The Christianity of Vance, Hegseth, and Rollins is a blood-and-soil Christianity.

Trump’s defense secretary, Pete Hegseth, was already a militant evangelical Protestant before Trump plucked him from Fox News to run the Pentagon. He’d enrolled his children in a Classical Christian Education school, where science was subordinated to scripture. He’s held sectarian evangelical services within the Pentagon, and has made repeatedly clear that U.S. armed forces fight not just for America against its enemies but for Christianity against its enemies—secularists, adherents of other faiths (Muslims particularly)—for which reason God (the Christian God, of course; there is no other) is on their side.

Vowing “no quarter” would be given to the “barbaric savages” of the Iranian regime, Hegseth called on the American people to pray “every day, on bended knee … in the name of Jesus Christ,” for victory. (Somehow, I doubt war hawk Steven Miller did that.)

Hegseth’s fusion of state policy with tribal Christianity was echoed on Easter when another Trump cabinet member, Agriculture Secretary Brooke Rollins, emailed the roughly 100,000 USDA employees, not to wish them a happy Easter, but to share some Christian news:

“Today we celebrate the greatest story ever told, the foundation of our faith, and the abiding hope of all mankind,” she began. “From the foot of the Cross on Good Friday to the stone rolled away from the now empty tomb, sin has been destroyed. Jesus has been raised from the dead. And God has granted each of us victory and new life. And where there is life—risen life—there is hope.”

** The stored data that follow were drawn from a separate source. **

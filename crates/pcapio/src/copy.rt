//! The calls in use: a capture copied to another device, except for the records that a chain has no space for.
ghost use Rattle.std.specs.Prelude.{◌≡◌, Some, IfOk, IfErr, OnOk, OnErr};
ghost use Rattle.mbuf.specs.Chain.{HasSameSegments};
ghost use Rattle.pcapio.specs.Answer.{OnAll, OnCut};
ghost use Rattle.pcapio.specs.Copy.{IfEnded, IfEndless, CopiesOne, BeginsOne, Copies, BeginsToCopy, IsEndless};
ghost use Rattle.pcapio.specs.Copy.{CopiesPart, CopiesOut, CopiesCapture, BeginsCapture, IsEndlessCapture};
ghost use Rattle.pcapio.specs.Copy.{WhyOneStopped, WhyStopped, WhyNotCopied};
ghost use Rattle.pcapio.specs.Counted.{HasNotFailed};
ghost use Rattle.pcapio.specs.Reader.{pending_of, source_of, state_of, IsReading, IsSameFile, EndsTorn};
ghost use Rattle.pcapio.specs.ReaderState.{after_bytes};
ghost use Rattle.pcapio.specs.Writer.{sink_of, IsWell};

use crate::counted::Counted;
use crate::reader::Reader;
use crate::record::Head;
use crate::writer::Writer;
use mbuf::Chain;
use pcapio_laws::CapFault;
use std::alloc::Global;
use std::io::{Read, Write};

/// Copies the capture on a device to another device, and returns whether it ended inside a record; `None` if it has
/// 2^64 - 1 records or more. Records with more bytes than `chain` has space for are left out; the chain keeps its
/// segments and links. Takes memory for two buffers of 64 KiB, before anything is written, and for nothing else.
///
/// Both devices are handed back. Errors: 1 `NotPcap`, 2 `BadVersion`, 3 `BadLink`, 4 `BadRecord`, 5 `Read`, 6 `Write`,
/// 7 `Memory`; what was written is then a prefix of the copy.
pub fn copy_capture<R: Read, W: Write>(
    alloc: Global,
    from: Counted<R>,
    to: Counted<W>,
    chain: &mut Chain,
) -> (Counted<R>, Counted<W>, Result<Option<bool>, CapFault>)
    ensures copied { IfEnded result.2 (CopiesCapture R.remaining W.contents chain.old from to result.1) }
    ensures endless { IfEndless result.2 (IsEndlessCapture R.remaining from) }
    ensures begins { OnErr result.2 (BeginsCapture R.remaining W.contents chain.old from to result.1) }
    ensures cause { IfErr result.2 (WhyNotCopied R.remaining from result.0 to result.1) }
    ensures kept { HasSameSegments chain.new chain.old }
{
    let mut reader = match Reader::open(alloc, from) {
        Ok(reader) => reader,
        Err((from, fault)) => return (from, to, Err(fault)),
    };
    let mut writer = match Writer::open(alloc, to, reader.resolution()) {
        Ok(writer) => writer,
        Err((to, fault)) => return (reader.into_inner(), to, Err(fault)),
    };
    let copied = copy_and_flush(&mut reader, &mut writer, chain);
    (reader.into_inner(), writer.into_inner(), copied)
}

/// Copies the remaining records, and writes all of them to the device.
fn copy_and_flush<R: Read, W: Write>(
    reader: &mut Reader<R>,
    writer: &mut Writer<W>,
    chain: &mut Chain,
) -> Result<Option<bool>, CapFault>
    requires reading { IsReading reader.old }
    requires no_failure { IsWell writer.old }
    ensures copied { IfEnded result (CopiesOut R.remaining W.contents chain.old reader.old writer.old writer.new) }
    ensures endless { IfEndless result (IsEndless R.remaining reader.old) }
    ensures begins { OnErr result (BeginsToCopy R.remaining W.contents chain.old reader.old writer.old writer.new) }
    ensures cause { IfErr result (WhyStopped R.remaining reader.old reader.new writer.old writer.new) }
    ensures kept { HasSameSegments chain.new chain.old }
{
    let copied = copy_records(reader, writer, chain)?;
    writer.flush()?;
    Ok(copied)
}

/// Puts each remaining record that the chain has space for, and returns whether the file ended inside one; `None` if
/// there are 2^64 - 1 or more. Requires: neither the reader nor the writer is at a fault, and the reader isn't at the
/// end. Takes no memory.
///
/// Errors: those of `Reader::head`, `Reader::body` and `Writer::put`.
pub fn copy_records<R: Read, W: Write>(
    reader: &mut Reader<R>,
    writer: &mut Writer<W>,
    chain: &mut Chain,
) -> Result<Option<bool>, CapFault>
    requires reading { IsReading reader.old }
    requires no_failure { IsWell writer.old }
    ensures copied { IfEnded result (Copies R.remaining W.contents chain.old reader.old writer.old writer.new) }
    ensures endless { IfEndless result (IsEndless R.remaining reader.old) }
    ensures begins { OnErr result (BeginsToCopy R.remaining W.contents chain.old reader.old writer.old writer.new) }
    ensures cause { IfErr result (WhyStopped R.remaining reader.old reader.new writer.old writer.new) }
    ensures kept { HasSameSegments chain.new chain.old }
    ensures part { OnOk result (CopiesPart R.remaining W.contents chain.old reader.old writer.old writer.new) }
    ensures read { OnOk result (HasNotFailed (source_of reader.old) (source_of reader.new)) }
    ensures written { OnOk result (HasNotFailed (sink_of writer.old) (sink_of writer.new)) }
    ensures goes_on { OnOk result (IsWell writer.new) }
{
    // one record per turn: if there are 2^64 - 1 or more, the result is `None`
    for _count in 0..u64::MAX {
        let Some(head) = reader.head()? else {
            return Ok(Some(reader.torn()));
        };
        let all = copy_record(reader, writer, chain, head)?;
        if !all {
            return Ok(Some(true));
        }
    }
    Ok(None)
}

/// Puts the pending record, or skips it if the chain has no space for it. `false`: the file ended inside it.
fn copy_record<R: Read, W: Write>(
    reader: &mut Reader<R>,
    writer: &mut Writer<W>,
    chain: &mut Chain,
    head: Head,
) -> Result<bool, CapFault>
    requires pending { pending_of reader.old ≡ Some head }
    requires no_failure { IsWell writer.old }
    ensures ok { OnAll result (CopiesOne R.remaining W.contents chain.old reader.old reader.new writer.old writer.new) }
    ensures torn { OnCut result (EndsTorn R.remaining reader.old) }
    ensures kept { OnCut result (writer.new ≡ writer.old) }
    ensures begins { OnErr result (BeginsOne R.remaining W.contents chain.old reader.old writer.old writer.new) }
    ensures file { IsSameFile reader.old reader.new }
    ensures state { IfOk result (λ all. state_of reader.new ≡ after_bytes all) }
    ensures goes_on { OnOk result (IsWell writer.new) }
    ensures space { HasSameSegments chain.new chain.old }
    ensures read { OnOk result (HasNotFailed (source_of reader.old) (source_of reader.new)) }
    ensures written { OnOk result (HasNotFailed (sink_of writer.old) (sink_of writer.new)) }
    ensures cause { IfErr result (WhyOneStopped reader.old reader.new writer.old writer.new) }
{
    if head.captured as usize > chain.space() {
        let all = reader.skip()?;
        return Ok(all);
    }
    let all = reader.body(chain)?;
    if all {
        writer.put(head.seconds, head.fraction, head.wire, chain)?;
    }
    Ok(all)
}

Of course, a number of USDA employees had recently finished their Passover seders or observing the fasts of Ramadan, or celebrating Easter with an egg roll rather than commemorating Jesus’s resurrection. For that matter, the armed forces Trump and Hegseth have deployed to the Middle East are anything but uniformly Christian. Indeed, the most recent Pew poll on the subject found that the percentage of American adults who are Christian has declined to just 62 percent, which is both cause and consequence of the governmental advocacy of Christianity we’ve seen from Hegseth, Rollins, and increasing numbers of Republicans.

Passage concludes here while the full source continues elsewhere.